Hardly Strictly Bluegrass 4 Reviews
Sunday, Oct. 3, 2:30 p.m.
Reviewed by Aimee Spanier
Guy Clark wasted no time reminding us just why he is revered as one of the greatest songwriter's of his generation with set opener "The Cape," a reflective song that blends classically-tinged guitar with folksy phrasing into a gorgeous, emotional whole.
Clark is not known for being what you would call exuberant. This year, he seemed more meditative. Back in the hands of its creator, "L.A. Freeway," a melancholy song made famous by fellow outlaw cowboy Jerry Jeff Walker, is even slower, even sadder (if you can believe it), and even more beautiful. "Randall Knife," a sad and ominous song about his father's hunting knife, a piercing song about fathers and sons, sung by an adult looking back with more mature eyes, hushed the crowd.
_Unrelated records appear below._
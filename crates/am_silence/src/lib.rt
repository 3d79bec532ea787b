//! Silences: reading, writing and comparing them, and the versions that posting and ending one makes.
#![tactic(auto)]

mod bucket;
mod canonical;
mod checks;
mod comment;
mod encoded_silence;
mod error;
mod ids;
mod iter;
mod matcher;
mod matchers;
mod mesh;
mod offsets;
mod plan;
mod record;
mod silence;
mod sizes;
mod state;
mod update;
mod versions;

pub use checks::refused_unread;
pub use encoded_silence::EncodedSilence;
pub use error::SilenceError;
pub use ids::{IdText, fresh_id};
pub use iter::MatcherIter;
pub use matcher::{Matcher, MatcherDraft, MatcherKind, MatcherRef};
pub use matchers::Matchers;
pub use mesh::{KNOWN_FIELDS, MeshSilence};
pub use plan::{Plan, Posted, Verdict, plan_expire, plan_post};
pub use silence::Silence;
pub use state::{State, state_at};
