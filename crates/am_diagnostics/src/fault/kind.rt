//! The kinds of faults that a member distinguishes when it prints.

use crate::fault::Fault;
use am_memberlist::AnswerError;
use am_peer_auth::AuthFault;
use am_peers::ConnectionFault;
use am_reactor::LinkFault;

/// The kind of a fault of a member: there is one for each word with which a line begins.
#[derive(Clone, Copy)]
pub enum FaultKind {
    Silences,
    Log,
    Accept,
    Unsent,
    Connect,
    Send,
    Read,
    Write,
    TooLarge,
    Frame,
    UnknownName,
    Step,
    Clock,
    Crowded,
    Unfinished,
    /// A frame that isn't sealed as it should be.
    Seal,
    /// Another fault at the gate of a connection.
    Gate,
    Gossip,
    Unheard,
    Withheld,
    FieldsDropped,
    /// None of these.
    Other,
}

impl FaultKind {
    /// All kinds.
    pub const ALL: [FaultKind; FaultKind::COUNT] = [
        FaultKind::Silences,
        FaultKind::Log,
        FaultKind::Accept,
        FaultKind::Unsent,
        FaultKind::Connect,
        FaultKind::Send,
        FaultKind::Read,
        FaultKind::Write,
        FaultKind::TooLarge,
        FaultKind::Frame,
        FaultKind::UnknownName,
        FaultKind::Step,
        FaultKind::Clock,
        FaultKind::Crowded,
        FaultKind::Unfinished,
        FaultKind::Seal,
        FaultKind::Gate,
        FaultKind::Gossip,
        FaultKind::Unheard,
        FaultKind::Withheld,
        FaultKind::FieldsDropped,
        FaultKind::Other,
    ];

    /// The number of kinds.
    pub const COUNT: usize = 22;
}

impl Fault {
    /// Returns the kind of the fault.
    pub(crate) fn kind(&self) -> FaultKind {
        match self {
            Fault::Silences(_) => FaultKind::Silences,
            Fault::Log(_) => FaultKind::Log,
            Fault::Accept(_) => FaultKind::Accept,
            Fault::UnsentMemory(_) | Fault::UnsentLimit(_) => FaultKind::Unsent,
            Fault::Lost(LinkFault::Connect(_), _) => FaultKind::Connect,
            Fault::Lost(_, _) => FaultKind::Send,
            Fault::Connection(fault) => kind_of_connection(fault),
            Fault::ClockBehind(_) | Fault::ClockCaughtUp | Fault::ClockAhead(_) => {
                FaultKind::Clock
            }
            Fault::Crowded(_) => FaultKind::Crowded,
            Fault::Unfinished(_) => FaultKind::Unfinished,
            Fault::Gate(AuthFault::Seal(_) | AuthFault::Unsealed | AuthFault::Cut) => {
                FaultKind::Seal
            }
            Fault::Gate(_) => FaultKind::Gate,
            Fault::Gossip(AnswerError::Row(_) | AnswerError::Memory) => FaultKind::Other,
            Fault::Gossip(_) => FaultKind::Gossip,
            Fault::Unheard => FaultKind::Unheard,
            Fault::WithheldPattern(_) | Fault::WithheldMatcher(_) => FaultKind::Withheld,
            Fault::FieldsDropped(_) => FaultKind::FieldsDropped,
            _ => FaultKind::Other,
        }
    }
}

/// Returns the kind of a fault of a connection.
fn kind_of_connection(fault: &ConnectionFault) -> FaultKind {
    match fault {
        ConnectionFault::Read { .. } => FaultKind::Read,
        ConnectionFault::Write { .. } => FaultKind::Write,
        ConnectionFault::TooLarge => FaultKind::TooLarge,
        ConnectionFault::Frame(_) => FaultKind::Frame,
        ConnectionFault::UnknownName => FaultKind::UnknownName,
        ConnectionFault::Step(_) => FaultKind::Step,
    }
}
You could hear the trees rustling.
Looking back, it seemed to be what was driving Clark throughout his set. "Seems to me, the last time I was in this park it was 1969. Everything was neon then" he recalled, as a lead in to "Days, Precious Days."
Clark's songs are quiet, not in volume but in presentation, if that makes any sense. He is a man who chooses his words very carefully, it seems, Most of his songs were introduced with a minimum of chatting, and they are such carefully crafted pieces of himself - even the covers - , not much introduction was needed. They explained themselves, and Clark, more clearly than any stage patter could.